SOURCE ALLOCATION BASED ON ATMOSPHERIC TRANSPORT MODELLING
OF RADIONUCLIDE PLUMES: CHALLENGES AND NEW DEVELOPMENTS

Year
2023
Author(s)
Jolanta Kusmierczyk-Michulec - Comprehensive Nuclear-Test-Ban Treaty Organization
Robin Schoemaker - CTBTO
Anne Tipka - CTBTO
Yuichi KIJIMA - CTBTO
Boxue LIU - CTBTO
Martin Kalinowski - CTBTO
File Attachment
Abstract
Identifying the source of radioactive detections at the International Monitoring System (IMS) stations is both challenging and central to the CTBTO mandate. Atmospheric Transport Modelling (ATM) calculations provide the link between IMS radionuclide detections and a potential source of emissions, including atmospheric, underground, and underwater nuclear explosions. The additional challenge related to source localization is that both remote and nearby sources might contribute to an elevated level of radionuclide detected at an IMS station.
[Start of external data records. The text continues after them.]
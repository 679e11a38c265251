//! The places of those names of a chain that lists of predecessors ask for.
ghost use Rattle.std.specs.Prelude.{◌≡◌, ℕ, ◌<◌, IfOk, OnOk, Contains, length, slice_index_or, false};
ghost use Rattle.rd_graph.specs.Names.{place_of, same_entry};
ghost use Rattle.rd_graph.specs.Orders.{Once};
ghost use Rattle.rd_graph.specs.Internal.Patching.{lists_seen};
ghost use Rattle.rd_graph.specs.Internal.Relisting.{mark_of};
ghost use Rattle.rd_graph.specs.Internal.Tables.{at};
ghost use Rattle.rd_graph.specs.Internal.Trimming.{AreAsked, HasMark, KeepsMarks};
ghost use Rattle.rd_graph.specs.Internal.Words.{IsPut};

use crate::before::{Name, Predecessors};
use crate::gone::mark_of;
use crate::tables::put;
use indexmap::IndexMap;
use rd_keys::EntryKey;
use std::alloc::{AllocError, Global};

/// Sets the marks of these names.
fn mark_names(marks: &mut Vec<bool>, names: &[Name])
    requires { length marks.old.items ≡ 2048 }
    ensures whole { length marks.new.items ≡ 2048 }
    ensures kept { KeepsMarks marks.old.items marks.new.items }
    ensures marked { (k : EntryKey) → Contains names.now k → HasMark marks.new.items k }
{
    for name in names {
        marks[mark_of(&name.key)] = true;
    }
}

/// Sets the marks of the names of a list that has more than one.
fn mark_list(marks: &mut Vec<bool>, names: &[Name])
    requires { length marks.old.items ≡ 2048 }
    ensures whole { length marks.new.items ≡ 2048 }
    ensures kept { KeepsMarks marks.old.items marks.new.items }
    ensures marked { 1 < length names.now → (k : EntryKey) → Contains names.now k → HasMark marks.new.items k }
{
    if names.len() < 2 {
        return;
    }
    mark_names(marks, names);
}

/// The marks of the names of those lists that have more than one.
pub(crate) fn marks_asked(
    alloc: Global,
    lists: &[(usize, Predecessors)],
) -> Result<Vec<bool>, AllocError>
    ensures { IfOk result (λ v. AreAsked (lists_seen lists.now) v.items) }
{
    let mut marks = vec![in alloc; false; 2048]?;
    for list in lists {
        mark_list(&mut marks, &list.1);
    }
    Ok(marks)
}

/// Has a name its mark?
fn is_marked(marks: &[bool], name: &EntryKey) -> bool
    ensures { result ≡ slice_index_or marks.now (mark_of name.now) false }
{
    match marks.get(mark_of(name)) {
        Some(mark) => *mark,
        None => false,
    }
}

/// From now on the table has this at the key, if the key has its mark.
fn put_asked(
    table: &mut IndexMap<EntryKey, usize>,
    marks: &[bool],
    key: EntryKey,
    place: usize,
) -> Result<(), AllocError>
    ensures put { OnOk result (HasMark marks.now key → IsPut key place table.old table.new) }
    ensures kept { OnOk result (slice_index_or marks.now (mark_of key) false ≡ false
        → (k : EntryKey) → at table.new k ≡ at table.old k) }
{
    if is_marked(marks, &key) {
        put(table, key, place)?;
        return Ok(());
    }
    Ok(())
}

/// The places of those names of a chain that have their mark.
pub(crate) fn places_asked(
    alloc: Global,
    chain: &[EntryKey],
    marks: &[bool],
) -> Result<IndexMap<EntryKey, usize>, AllocError>
    requires { Once chain.now }
    ensures { IfOk result (λ t. (k : EntryKey) → HasMark marks.now k → at t k ≡ place_of same_entry chain.now k) }
{
    let mut table = IndexMap::new(alloc);
    for (i, key) in chain.iter().enumerate() {
        put_asked(&mut table, marks, *key, i)?;
    }
    Ok(table)
}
In case of radioxenon, this challenge is magnified by the presence of a radioxenon background from known sources. Radioxenon can be produced either during a nuclear explosion (forming an important tracer to prove the nuclear character of an explosion) or be emitted by nuclear facilities. The regular operational releases of radioxenon from nuclear installations contribute significantly to both the global and regional background. In the Northern Hemisphere radioxenon background at most of the IMS stations is dominated by the contribution of nuclear power plants. For some stations, simulated concentrations above the detection limit may include observable contributions from up to 19 different sources per daily sample (samples are sensitive to 80 or more possible sources of radioxenon). Thus, understanding the radioxenon background at the radionuclide stations of the IMS network is vital for improving the verification capability of the CTBTO. This presentation provides an overview of the new developments aimed at improving the source allocation method e.g., using the ensemble modelling for the backward ATM, more accurate estimation of radioxenon background or a method for identifying samples associated with the same release event.